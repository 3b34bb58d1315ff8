// Runs the clients of all public functions over the cases of standard input, and prints every
// answer. tests/demands.py says how a case and its answers look.
#![tactic(auto)]

mod answers;
mod clients;
mod input;
mod patches;

ghost use Rattle.std.specs.Prelude.{◌≤◌};
ghost use Rattle.demands.specs.declared.TheConstants.{MOST_BYTES};

use answers::{Answer, print_part};
use input::{Head, read_array, read_part};
use patches::read_patches;
use reader::Reading;
use site::Counts;
use std::io;
use std::io::Read;

// The most cases of a run, so that it ends, and the most bytes of a text and of a room.
const MOST_CASES: usize = 100000;

const MOST_BYTES: usize = 12288;

// Prints what was read, the parts shown for the line asked for and for the refusal's, and what the
// line asked for is by itself.
fn run_lines(rt: &impl Print, text: &[u8], reading: &Reading, asked: usize) -> io::Result<()> {
    reading.print(rt)?;
    let refused = match &reading.verdict {
        Ok(()) => 0,
        Err(refusal) => refusal.line(),
    };
    let part = clients::shown_line(text, asked);
    print_part(rt, part)?;
    print_part(rt, clients::shown_part(text, refused))?;
    let counts = Counts {
        clusters: reading.site.cluster_count,
        flows: reading.site.flow_count,
    };
    clients::read_one_line(part, asked, counts).print(rt)
}

// Lends a client a room, so many bytes at the start of a space of '.', and prints what it answers and
// how many bytes of the whole space changed.
fn run_in_room<A: Answer + Drop, F: FnOnce(&mut [u8]) -> A>(
    rt: &impl Print,
    room: usize,
    client: F,
) -> io::Result<()>
    requires length { room ≤ MOST_BYTES }
    requires client { F.IsAlwaysCallable client }
{
    let mut space = [b'.'; MOST_BYTES];
    let answer = client(&mut space[..room]);
    answer.print_with(rt, &space)
}

// Runs the clients that take the text, and then those that take its records, which the patches change
// first; a plan text is checked for both.
fn run_clients(
    rt: &impl Print,
    input: &mut impl Read,
    head: Head,
    text: &[u8],
    plan: &[u8],
) -> io::Result<()> {
    let reading = clients::read_text(text);
    run_lines(rt, text, &reading, head.line)?;
    run_in_room(rt, head.plan_room, |room| clients::commission(text, room))?;
    run_in_room(rt, head.plan_room, |room| clients::survey(text, room))?;
    run_in_room(rt, head.plan_room, |room| {
        clients::plan_and_check(text, room)
    })?;
    run_in_room(rt, head.site_room, |room| clients::rewrite(text, room))?;
    clients::place(text).print(rt)?;
    clients::check(text, plan).print(rt)?;
    let mut records = reading.site;
    read_patches(input, &mut records, head.patches)?;
    run_in_room(rt, head.plan_room, |room| {
        clients::plan_records(&records, room)
    })?;
    run_in_room(rt, head.site_room, |room| {
        clients::write_records(&records, room)
    })?;
    run_in_room(rt, head.site_room, |room| {
        clients::there_and_back(&records, room)
    })?;
    clients::check_records(&records, plan).print(rt)
}

// Runs all cases, up to the end of the input or a head that asks for more than there is space.
fn main(rt: HostRuntime) -> io::Result<()> {
    let mut input = rt.stdin();
    let mut text_space = [0; MOST_BYTES];
    let mut plan_space = [0; MOST_BYTES];
    for _ in 0..MOST_CASES {
        let Some(head) = read_array(&mut input)?.and_then(Head::new) else {
            break;
        };
        let Some(text) = read_part(&mut input, &mut text_space[..head.text])? else {
            break;
        };
        let Some(plan) = read_part(&mut input, &mut plan_space[..head.plan])? else {
            break;
        };
        run_clients(&rt, &mut input, head, text, plan)?;
    }
    Ok(())
}
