// Clients of the public functions: each calls them as a tool would, and promises what the tool's
// owner was promised.
ghost use Rattle.std.specs.Prelude.{◌≡◌, true};
ghost use Rattle.reader.specs.Reading.{refused_by};
ghost use Rattle.writer.specs.Text.{written_says};
ghost use Rattle.commission.specs.Numbers.{number_of};
ghost use Rattle.commission.specs.NumberLaws.{SmallWriting};
ghost use Rattle.roundtrip.specs.WriterExact.{ExactWriting};
ghost use Rattle.exactness.specs.CallerExact.{ExactNumber};
ghost use Rattle.exactness.specs.CheckExact.{ExactCheck, ExactChecking};
ghost use Rattle.exactness.specs.PlannerExact.{ExactAnswer};
ghost use Rattle.exactness.specs.RewriteExact.{ExactRewrite};
ghost use Rattle.exactness.specs.PlaceExact.{ExactPlace};
ghost use Rattle.demands.specs.Demands.{Surveyed, BackAgain, PlannedAndPassed, LineShown, LineAnswered};

use planner::Plan;
use reader::{NO_SITE, Reading};
use site::{Counts, Entry, Refusal, Site};

// The commissioning tool's way: a site's text and a room in, one number out.
pub fn commission(text: &[u8], room: &mut [u8]) -> u32
    ensures { ExactNumber text.now room.old result room.new }
{
    commission::cartheron_plan(text, room)
}

// The survey tool's reading.
pub fn read_text(text: &[u8]) -> Reading
    ensures { Surveyed text.now result }
{
    reader::read(text)
}

// The planner on records, which may be anything.
pub fn plan_records(site: &Site, room: &mut [u8]) -> Result<Plan, Refusal>
    ensures { ExactAnswer site.now room.old result room.new }
{
    planner::plan(site, room)
}

// The writer on records, which may be anything.
pub fn write_records(site: &Site, room: &mut [u8]) -> Result<usize, Refusal>
    ensures { ExactWriting site.now room.old result room.new }
{
    writer::write(site, room)
}

// The records of a text, handed to the planner: the length of the plan, or the refusal of either.
fn plan_surveyed(text: &[u8], room: &mut [u8]) -> Result<usize, Refusal>
    ensures small { SmallWriting result }
    ensures number { ExactNumber text.now room.old (number_of (written_says result)) room.new }
{
    let Reading { site, verdict } = read_text(text);
    verdict?;
    let plan = plan_records(&site, room)?;
    Ok(plan.length)
}

// The survey tool's way with the same text: read it, and hand the records to the planner. The number
// is that of `commission`.
pub fn survey(text: &[u8], room: &mut [u8]) -> u32
    ensures { ExactNumber text.now room.old result room.new }
{
    match plan_surveyed(text, room) {
        Ok(length) => length as u32,
        Err(refusal) => refusal.packed(),
    }
}

// A text there and back by the C function.
pub fn rewrite(text: &[u8], room: &mut [u8]) -> u32
    ensures { ExactRewrite text.now room.old result room.new }
{
    commission::cartheron_rewrite(text, room)
}

// The place of a text's bad field by the C function.
pub fn place(text: &[u8]) -> u32
    ensures { ExactPlace text.now result }
{
    commission::cartheron_place(text)
}

// Whether a text is a plan for a site, by the C function.
pub fn check(text: &[u8], plan: &[u8]) -> u32
    ensures { ExactCheck text.now plan.now result }
{
    commission::cartheron_check(text, plan)
}

// The checker on records, which may be anything.
pub fn check_records(site: &Site, plan: &[u8]) -> Result<(), Refusal>
    ensures { ExactChecking site.now plan.now result }
{
    checker::check_plan(site, plan)
}

// Plans a text and has what was written checked: 0 where it passes, or the planner's refusal.
pub fn plan_and_check(text: &[u8], room: &mut [u8]) -> u32
    ensures { PlannedAndPassed text.now room.old result room.new }
{
    let number = commission(text, room);
    if number > 65535 {
        return number;
    }
    let length = number as usize;
    check(text, &room[..length])
}

// A reading of records that are all zero, with this refusal.
fn refused(refusal: Refusal) -> Reading
    ensures { result ≡ refused_by refusal }
{
    Reading {
        site: NO_SITE,
        verdict: Err(refusal),
    }
}

// Records there and back: written into the room, and what was written read again. After a refusal by
// the writer: its refusal, and records all zero.
pub fn there_and_back(site: &Site, room: &mut [u8]) -> Reading
    ensures { BackAgain site.now room.old result room.new }
{
    match write_records(site, room) {
        Ok(length) => read_text(&room[..length]),
        Err(refusal) => refused(refusal),
    }
}

// The part of a text shown for a line, by the two C functions.
pub fn shown_part(text: &[u8], line: usize) -> &[u8]
    ensures { LineShown text.entry result line }
{
    let start = commission::cartheron_line_start(text, line);
    let length = commission::cartheron_line_length(text, line);
    &text[start..start + length]
}

// The part of a text shown for a line, by the library's own function.
pub fn shown_line(text: &[u8], line: usize) -> &[u8]
    ensures { LineShown text.entry result line }
{
    shown::line_at(text, line)
}

// What a line is by itself, as the survey tool says it while the line is typed: ended, after a header
// of so many clusters and flows.
pub fn read_one_line(line: &[u8], k: usize, counts: Counts) -> Result<Entry, Refusal>
    ensures { LineAnswered k counts.clusters counts.flows (record { chars = line.now; ended = true }) result }
{
    site::read_line(line, true, k, counts)
}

**ACTIVITY**
Within the data above, how many lines include "SmallWriting"? The number alone is the answer.

**RESULT**
2